Objective: The present study investigated the relationships of abdominal and mid-thigh IMAT with glucose homeostasis and cardiometabolic risk in adults with overweight or obesity.
Design: Multicenter cross-sectional study.
Setting: Outpatient clinic.
Participants: One hundred eighty-nine adults (50% women; age: 46.8 ± 6.3 years) with overweight or obesity (body mass index: 32.9 ± 3.5 kg/m2).
Main outcome measures: IMAT content in abdominal and mid-thigh regions was measured by magnetic resonance imaging. Mean glucose levels were monitored over 24 hours during 14 days using continuous glucose monitoring devices. We computed a cardiometabolic risk score including fasting high-density lipoprotein cholesterol, triglycerides, glucose, waist circumference, and systolic and diastolic blood pressure.

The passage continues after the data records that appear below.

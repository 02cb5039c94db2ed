//! How far a table was at some moment.

/// The change up to which the files stood, and the number that the next new file was to get.
#[derive(Debug, Drop)]
pub struct GroupMark {
    pub number: u64,
    pub next_file: u64,
}
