//! Giving up new files.
ghost use Rattle.std.specs.Prelude.{◌≡◌, ◌<◌, ◌≤◌};
ghost use Rattle.ncq_shelf.specs.KeptFiles.{EachFile};
ghost use Rattle.ncq_shelf.specs.Stands.{IsGrounded};
ghost use Rattle.ncq_count.specs.Counted.{AreCounted};
ghost use Rattle.ncq_group.specs.Grown.{IsCut, IsDropped};

use crate::filed::{Filed, take_out};

/// Takes away the files from this number on, none of which has a use; it is the next again. It
/// takes no memory.
pub(crate) fn cut(filed: &mut Filed, low: u64)
    requires grounded { IsGrounded filed.old.shelf }
    requires counted { AreCounted filed.old.shelf filed.old.groups }
    requires below { EachFile filed.old.shelf (λ number file. number < filed.old.next) }
    requires unused { EachFile filed.old.shelf (λ number file. low ≤ number → file.uses ≡ 0) }
    requires order { low ≤ filed.old.next }
    ensures cut { IsCut filed.old.shelf low filed.new.shelf }
    ensures counted { AreCounted filed.new.shelf filed.new.groups }
    ensures next { filed.new.next ≡ low }
{
    while low < filed.next {
        let last = filed.next - 1;
        drop_idle(filed, last);
        filed.next = last;
    }
}

/// Takes the file away if it is idle.
fn drop_idle(filed: &mut Filed, number: u64)
    requires grounded { IsGrounded filed.old.shelf }
    requires counted { AreCounted filed.old.shelf filed.old.groups }
    ensures dropped { IsDropped filed.old.shelf number filed.new.shelf }
    ensures counted { AreCounted filed.new.shelf filed.new.groups }
    ensures next { filed.new.next ≡ filed.old.next }
{
    if !filed.shelf.is_idle(number) {
        return;
    }
    let _inputs = take_out(filed, number);
}
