//! Files for an expression and its parts, bottom up.
ghost use Rattle.std.specs.Prelude.{◌≡◌, ℕ, ◌+◌, ◌<◌, ◌≤◌, ◌^◌, List, length};
ghost use Rattle.std.specs.Prelude.{OnOk, OnErr, IfOk, None, Some};
ghost use Rattle.std.specs.FinMap.{get};
ghost use Rattle.std.specs.List.{AllByRecursion};
ghost use Rattle.ncq_change.specs.Stores.{world_in};
ghost use Rattle.ncq_plan.specs.declared.expr.Expr.{Expr as an_expr};
ghost use Rattle.ncq_plan.specs.Exprs.{operators, rows_in};
ghost use Rattle.ncq_plan.specs.WellFormed.{IsWellFormedExpr};
ghost use Rattle.ncq_shelf.specs.KeptFiles.{EachFile};
ghost use Rattle.ncq_shelf.specs.Parts.{IsInput};
ghost use Rattle.ncq_shelf.specs.Stands.{Stands};
ghost use Rattle.ncq_shelf.specs.Inputs.{AreInputs};
ghost use Rattle.ncq_feed.specs.Feeds.{AreReady};
ghost use Rattle.ncq_count.specs.Counted.{AreCounted};
ghost use Rattle.ncq_group.specs.Closure.{IsKept};
ghost use Rattle.ncq_group.specs.Grown.{HasMade, IsAdded, IsGrown, IsPut, OnlyUnread};

use crate::filed::Filed;
use ncq_base::Steps;
use ncq_fill::first_rows;
use ncq_midfile::MidFile;
use ncq_plan::Expr;
use ncq_shelf::{Inputs, Shelf};
use ncq_source::Store;
use std::alloc::{AllocError, Global};
use std::hash::RandomState;
use std::sync::ledger::Ledger;

/// The number of the expression's file; where there is none, one is made, and one for each of its
/// parts that has none.
#[cycle(placing)]
pub(crate) fn place<L: Ledger>(
    alloc: Global,
    seed: RandomState,
    filed: &mut Filed,
    expr: &Expr,
    store: &Store,
    steps: &mut Steps<L>,
) -> Result<u64, AllocError>
    requires ready { AreReady store.now.changes (world_in store.now) filed.old.shelf }
    requires counted { AreCounted filed.old.shelf filed.old.groups }
    requires below { EachFile filed.old.shelf (λ number file. number < filed.old.next) }
    requires formed { IsWellFormedExpr expr.now }
    requires room { filed.old.next + operators expr.now < 2 ^ 64 }
    ensures grown { IsGrown expr.now store.now.changes (world_in store.now)
        filed.old.shelf filed.old.next filed.new.shelf filed.new.next }
    ensures counted { AreCounted filed.new.shelf filed.new.groups }
    ensures stands { IfOk result (λ number. Stands filed.new.shelf expr.now number) }
    ensures unread { OnOk result (OnlyUnread (λ e. e ≡ expr.now) filed.old.next filed.new.shelf) }
    ensures cost { (made : List an_expr)
        × HasMade expr.now (world_in store.now) filed.old.shelf made steps.old steps.new
        × OnOk result (AllByRecursion (IsKept filed.new.shelf) made) }
{
    let inputs = place_inputs(alloc, seed, filed, expr, store, steps)?;
    if let Some(number) = filed.shelf.find(expr) {
        return Ok(number);
    }
    let number = put(alloc, seed, filed, expr, inputs, store, steps)?;
    Ok(number)
}

/// The numbers of the files of the expression's inputs.
#[cycle(placing)]
fn place_inputs<L: Ledger>(
    alloc: Global,
    seed: RandomState,
    filed: &mut Filed,
    expr: &Expr,
    store: &Store,
    steps: &mut Steps<L>,
) -> Result<Inputs, AllocError>
    requires ready { AreReady store.now.changes (world_in store.now) filed.old.shelf }
    requires counted { AreCounted filed.old.shelf filed.old.groups }
    requires below { EachFile filed.old.shelf (λ number file. number < filed.old.next) }
    requires formed { IsWellFormedExpr expr.now }
    requires room { filed.old.next + operators expr.now < 2 ^ 64 }
    ensures grown { IsGrown expr.now store.now.changes (world_in store.now)
        filed.old.shelf filed.old.next filed.new.shelf filed.new.next }
    ensures counted { AreCounted filed.new.shelf filed.new.groups }
    ensures room { filed.new.next + 1 ≤ filed.old.next + operators expr.now }
    ensures inputs { IfOk result (λ inputs. AreInputs filed.new.shelf expr.now inputs) }
    ensures unread { OnOk result (OnlyUnread (λ e. IsInput e expr.now)
        filed.old.next filed.new.shelf) }
    ensures cost { (made : List an_expr)
        × HasMade expr.now (world_in store.now) filed.old.shelf made steps.old steps.new
        × OnOk result (AllByRecursion (IsKept filed.new.shelf) made) }
{
    match expr {
        Expr::Scan { .. } => Ok(Inputs::Nothing),
        Expr::EqSel { input, .. } => {
            let number = place(alloc, seed, filed, input.get(), store, steps)?;
            Ok(Inputs::One(number))
        }
        Expr::RangeSel { input, .. } => {
            let number = place(alloc, seed, filed, input.get(), store, steps)?;
            Ok(Inputs::One(number))
        }
        Expr::Join { left, right, .. } => {
            let first = place(alloc, seed, filed, left.get(), store, steps)?;
            let second = place(alloc, seed, filed, right.get(), store, steps)?;
            Ok(Inputs::Two(first, second))
        }
    }
}

/// A file for an expression that has none.
fn put<L: Ledger>(
    alloc: Global,
    seed: RandomState,
    filed: &mut Filed,
    expr: &Expr,
    inputs: Inputs,
    store: &Store,
    steps: &mut Steps<L>,
) -> Result<u64, AllocError>
    requires ready { AreReady store.now.changes (world_in store.now) filed.old.shelf }
    requires counted { AreCounted filed.old.shelf filed.old.groups }
    requires below { EachFile filed.old.shelf (λ number file. number < filed.old.next) }
    requires new { (number : ℕ) → Stands filed.old.shelf expr.now number → ⊥ }
    requires inputs { AreInputs filed.old.shelf expr.now inputs }
    requires formed { IsWellFormedExpr expr.now }
    requires room { filed.old.next + 1 < 2 ^ 64 }
    ensures ok { IfOk result (λ number.
        IsPut filed.old number expr.now store.now.changes (world_in store.now) filed.new) }
    ensures err { OnErr result (filed.new ≡ filed.old) }
    ensures counted { AreCounted filed.new.shelf filed.new.groups }
    ensures cost { steps.new ≤ steps.old + length (rows_in expr.now (world_in store.now)) }
{
    let number = filed.next;
    add_file(
        alloc,
        seed,
        &mut filed.shelf,
        number,
        expr,
        inputs,
        store,
        steps,
    )?;
    if let Err(refused) = filed.groups.count_in(&filed.shelf, number) {
        let _inputs = filed.shelf.remove(number);
        return Err(refused);
    }
    filed.next = number + 1;
    Ok(number)
}

/// One more file, with the rows of the expression over the sources as they stand: those of a
/// selection by an interval are shared with others, and what they lack is added there.
fn add_file<L: Ledger>(
    alloc: Global,
    seed: RandomState,
    shelf: &mut Shelf,
    number: u64,
    expr: &Expr,
    inputs: Inputs,
    store: &Store,
    steps: &mut Steps<L>,
) -> Result<(), AllocError>
    requires absent { get shelf.old number ≡ None }
    requires ready { AreReady store.now.changes (world_in store.now) shelf.old }
    requires new { (other : ℕ) → Stands shelf.old expr.now other → ⊥ }
    requires inputs { AreInputs shelf.old expr.now inputs }
    requires formed { IsWellFormedExpr expr.now }
    ensures ok { OnOk result
        (IsAdded shelf.old number expr.now store.now.changes (world_in store.now) shelf.new) }
    ensures err { OnErr result (shelf.new ≡ shelf.old) }
    ensures cost { steps.new ≤ steps.old + length (rows_in expr.now (world_in store.now)) }
{
    if let Expr::RangeSel { .. } = expr {
        return shelf.add_ranged(alloc, number, expr, inputs, store.changes(), steps);
    }
    let rows = first_rows(alloc, shelf, expr, inputs, store, steps)?;
    let content = MidFile::new(alloc, seed, store.changes(), rows)?;
    shelf.add(alloc, number, expr, inputs, content)
}
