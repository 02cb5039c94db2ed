//! Files, their groups and their numbers.
ghost use Rattle.std.specs.Prelude.{◌≡◌};
ghost use Rattle.std.specs.FinMap.{remove};
ghost use Rattle.ncq_shelf.specs.Inputs.{AreInputs};
ghost use Rattle.ncq_shelf.specs.KeptFiles.{AtFile};
ghost use Rattle.ncq_shelf.specs.Stands.{IsGrounded, IsIdle};
ghost use Rattle.ncq_count.specs.Counted.{AreCounted};

use ncq_count::Groups;
use ncq_shelf::{Inputs, Shelf};

/// The files, how many of them each group has, and the number that the next new file gets.
pub(crate) struct Filed {
    pub(crate) shelf: Shelf,
    pub(crate) groups: Groups,
    pub(crate) next: u64,
}

impl Drop for Filed {
    fn drop(self) {
        let Filed {
            shelf,
            groups,
            next: _,
        } = self;
        drop(shelf);
        drop(groups);
    }
}

/// Takes an idle file out, and tells what it read. It takes no memory.
pub(crate) fn take_out(filed: &mut Filed, number: u64) -> Inputs
    requires grounded { IsGrounded filed.old.shelf }
    requires counted { AreCounted filed.old.shelf filed.old.groups }
    requires idle { IsIdle filed.old.shelf number }
    ensures gone { filed.new.shelf ≡ remove filed.old.shelf number }
    ensures counted { AreCounted filed.new.shelf filed.new.groups }
    ensures next { filed.new.next ≡ filed.old.next }
    ensures inputs { AtFile filed.old.shelf number (λ file.
        AreInputs filed.old.shelf file.expr result) }
{
    filed.groups.count_out(&filed.shelf, number);
    filed.shelf.remove(number)
}
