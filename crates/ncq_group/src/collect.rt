//! Taking away what nothing needs.
ghost use Rattle.std.specs.Prelude.{◌≡◌};
ghost use Rattle.ncq_shelf.specs.Stands.{IsGrounded};
ghost use Rattle.ncq_count.specs.Counted.{AreCounted};
ghost use Rattle.ncq_group.specs.Collected.{IsCollected};

use crate::filed::{Filed, take_out};
use ncq_shelf::Inputs;

/// Takes the file away if nothing needs it, and then what it alone needed. It takes no memory.
pub(crate) fn collect(filed: &mut Filed, number: u64)
    requires grounded { IsGrounded filed.old.shelf }
    requires counted { AreCounted filed.old.shelf filed.old.groups }
    ensures grounded { IsGrounded filed.new.shelf }
    ensures counted { AreCounted filed.new.shelf filed.new.groups }
    ensures collected { IsCollected filed.old.shelf number filed.new.shelf }
    ensures next { filed.new.next ≡ filed.old.next }
{
    if filed.shelf.is_idle(number) {
        match take_out(filed, number) {
            Inputs::Nothing => {}
            Inputs::One(input) => collect(filed, input),
            Inputs::Two(left, right) => {
                collect(filed, left);
                collect(filed, right);
            }
        }
    }
}
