//! The table of shared files: each subexpression of the installed expressions has one file, and no
//! others stand.
//! Expressions come in and are installed, once for each use, and released; prepared changes come
//! in, and each file gets the signed rows of its expression. Groups of expressions go out, with the
//! number of their constants. A new expression joins the standing files as they are: nothing is
//! planned again.
#![tactic(auto)]

mod collect;
mod filed;
mod laws;
mod mark;
mod place;
mod table;
mod undo;

pub use laws::files_are_the_live;
pub use mark::GroupMark;
pub use table::GroupTable;
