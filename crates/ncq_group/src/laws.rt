//! The law of tables: the function's contract is the law, and it does nothing.
ghost use Rattle.ncq_group.specs.Closure.{KeepsTheLive};

/// The files of a table are those of the parts of the expressions that are used, one each.
pub fn files_are_the_live()
    ensures { KeepsTheLive }
{}
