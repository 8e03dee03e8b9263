// The lines of a commit that begin with a word: those of ids, and those of values (docs/FORMAT.md, "Commits"; Rust: src/parse.rs).
#![tactic(auto)]

ghost use Rattle.std.specs.Prelude.{◌≡◌};
ghost use Rattle.commit_line.specs.Line.{word_at, id_from, id_at, line_at};

use ground::byte_at;
use hex_digits::is_hex;
use scan::{find_byte, same_bytes};

// Whether a word and one space stand at a place.
fn word_at(s: &[u8], at: usize, word: &[u8]) -> bool
    ensures { result ≡ word_at word.now s.now at }
{
    at < s.len()
        && word.len() < s.len() - at
        && s[at + word.len()] == b' '
        && same_bytes(&s[at..at + word.len()], word)
}

// Whether 2H hex digits and LF stand at a place.
fn id_from(s: &[u8], from: usize, h: usize) -> bool
    ensures { result ≡ id_from h s.now from }
{
    from < s.len()
        && h <= (s.len() - from) / 2
        && byte_at(s, from + 2 * h) == b'\n'
        && is_hex(&s[from..from + 2 * h])
}

// Whether the line of an id stands at a place: the word, a space, 2H hex digits and LF.
pub fn id_line(s: &[u8], at: usize, word: &[u8], h: usize) -> bool
    ensures { result ≡ id_at word.now h s.now at }
{
    word_at(s, at, word) && id_from(s, at + word.len() + 1, h)
}

// The line at a place: the word, a space, and the value up to LF.
pub fn value_line(s: &[u8], at: usize, word: &[u8]) -> Option<(usize, usize)>
    ensures { result ≡ line_at word.now s.now at }
{
    if !word_at(s, at, word) {
        return None;
    }
    let from = at + word.len() + 1;
    let lf = find_byte(s, from, b'\n');
    if lf < s.len() { Some((from, lf)) } else { None }
}
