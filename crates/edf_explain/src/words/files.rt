//! Files that can't be opened or read, or that stand in the places of others.

// A file that can't be opened: its path, and why the system doesn't open it. One that can't be read: its path. And of several exports,
// one of which can't be read, a path that is one of a folder.

pub(crate) const CANNOT_OPEN: &str = "{0}: {1}";

pub(crate) const CANNOT_READ: &str =
    "{0}: the file was opened, and reading it failed. It is a folder, or the disk or the network has a fault: copy it to a local disk, and try again.";

pub(crate) const IS_FOLDER: &str =
    "{0}: this is a folder, and reading a folder fails. Type the path of a file.";

// Files in the places of others.

pub(crate) const EXPORT_TWICE: &str =
    "Both files say the same in their headers, and have X where the claim hides something: it looks like the export was typed as the original, too. The order is: the original, the export, the claim; with explain-parts: the original, the claim, the exports.";

pub(crate) const ORIGINAL_TWICE: &str =
    "Both files say the same in their headers, though the claim moves or hides something: it looks like the original was typed as the export, too, or nothing was moved or hidden in the export. The order is: the original, the export, the claim; with explain-parts: the original, the claim, the exports.";

pub(crate) const EXCHANGED: &str =
    "The original has X where the claim hides something, and the export shows something that the claim hides: it looks like these two were exchanged. The order is: the original, the export, the claim; with explain-parts: the original, the claim, the exports.";

/// Where the check answers something else when the files are read once more under the shift by which all else is worked out than when it was
/// tried.
pub(crate) const READ_ANEW: &str =
    "When the files were read once more, the check didn't answer what it had answered before: a file was changed meanwhile, or can't be read twice. The first line is the answer: don't use these sentences.";
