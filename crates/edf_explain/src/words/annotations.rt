//! Annotations.

pub(crate) const NOTE_MISSING: &str = "The export lacks 1 annotation that the claim keeps:";

pub(crate) const NOTES_MISSING: &str = "The export lacks {0} annotations that the claim keeps:";

pub(crate) const NOTE_EXTRA: &str = "The export has 1 annotation that the claim doesn't keep:";

pub(crate) const NOTES_EXTRA: &str = "The export has {0} annotations that the claim doesn't keep:";

/// How many annotations, and by how much they are moved.
pub(crate) const NOTES_LATER: &str =
    "All {0} annotations that differ are only moved: the export has each of them with its text and its duration, {1} later than the claim keeps it.";

pub(crate) const NOTES_EARLIER: &str =
    "All {0} annotations that differ are only moved: the export has each of them with its text and its duration, {1} earlier than the claim keeps it.";

pub(crate) const NOTES_WITHOUT_DURATIONS: &str =
    "All {0} annotations that differ only lack their durations: the export has each of them at its time and with its text. Export again with durations.";

pub(crate) const LISTED: &str = "  ";

pub(crate) const DURATION: &str = ", duration {0}, text ";

pub(crate) const NO_DURATION: &str = ", no duration, text ";

pub(crate) const NOTE_TEXT: &str = "{0}";

pub(crate) const AT_END: &str =
    "    It begins exactly at the end of a kept interval, and what begins there isn't kept; some writers, such as EDFbrowser, keep it. Delete it from the export.";

pub(crate) const OUTSIDE: &str = "    It begins outside the kept intervals.";

pub(crate) const REMOVED_BUT_THERE: &str =
    "    The claim removes this text. If it names somebody, the export doesn't go out.";

pub(crate) const LIKE_CUT: &str =
    "    It is the beginning of a longer text of the original at this time: some writers, such as EDFlib, cut texts to 40 bytes. Keep texts short, or export with other software.";

pub(crate) const LIKE_ROUNDED: &str =
    "    The claim keeps this text a little earlier or later: it looks like a time that was rounded; some writers, such as EDFlib, write times to 0.1 ms.";

/// The bytes of the original, and those of the export.
pub(crate) const LIKE_ALIKE: &str =
    "    It looks like a text that the claim keeps at this time, and has other bytes: the original has {0} where the export has {1}.";

pub(crate) const LIKE_BLANKED: &str =
    "    At this time the claim keeps another text. It looks like it was made X, as blank does in a claim.";

pub(crate) const NOT_BLANKED: &str =
    "    The claim blanks this text: where it is kept, X is to stand in its place. If it names somebody, the export doesn't go out.";

pub(crate) const LIKE_OTHER_DURATION: &str =
    "    At this time the claim keeps this text with another duration.";

pub(crate) const LIKE_OTHER_TEXT: &str =
    "    At this time the claim keeps an annotation with another text, which the export lacks.";

pub(crate) const NOT_IN_ORIGINAL: &str =
    "    The original has no such annotation: delete it from the export.";

pub(crate) const LESS_OFTEN: &str =
    "    The claim keeps this annotation, but fewer times than the export has it: delete the surplus ones from the export.";

pub(crate) const LIKE_MOVED: &str =
    "    The export lacks an annotation with this text at another time: it looks like one that was moved.";

pub(crate) const NOTES_ADVICE: &str =
    "Run edfclaim notes on both files to see all annotations. In a claim, remove and remove-prefix leave annotations out by their texts, and blank makes their texts X.";

pub(crate) const NOTES_ALL: &str = "Run edfclaim notes on both files to see all annotations.";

Results: No associations were identified between abdominal IMAT and glucose homeostasis or cardiometabolic risk (all P > .05). In contrast, a positive association of mid-thigh IMAT with 24-hour (β = 0.226; P = .007), diurnal (β = 0.224; P = .008), and nocturnal mean glucose levels (β = 0.233; P = .006) as well as with cardiometabolic risk score (β = 0.324; P < .001) was observed. Participants with greater accumulation of IMAT in the mid-thigh compared to the abdominal region exhibited significantly higher mean glucose levels and cardiometabolic risk (all P < .005).
Conclusion: These findings emphasize the importance of distinguishing between adipose tissue depots when evaluating cardiometabolic risk, as specific accumulation patterns-particularly in the mid-thigh region-may significantly influence individual risk profiles.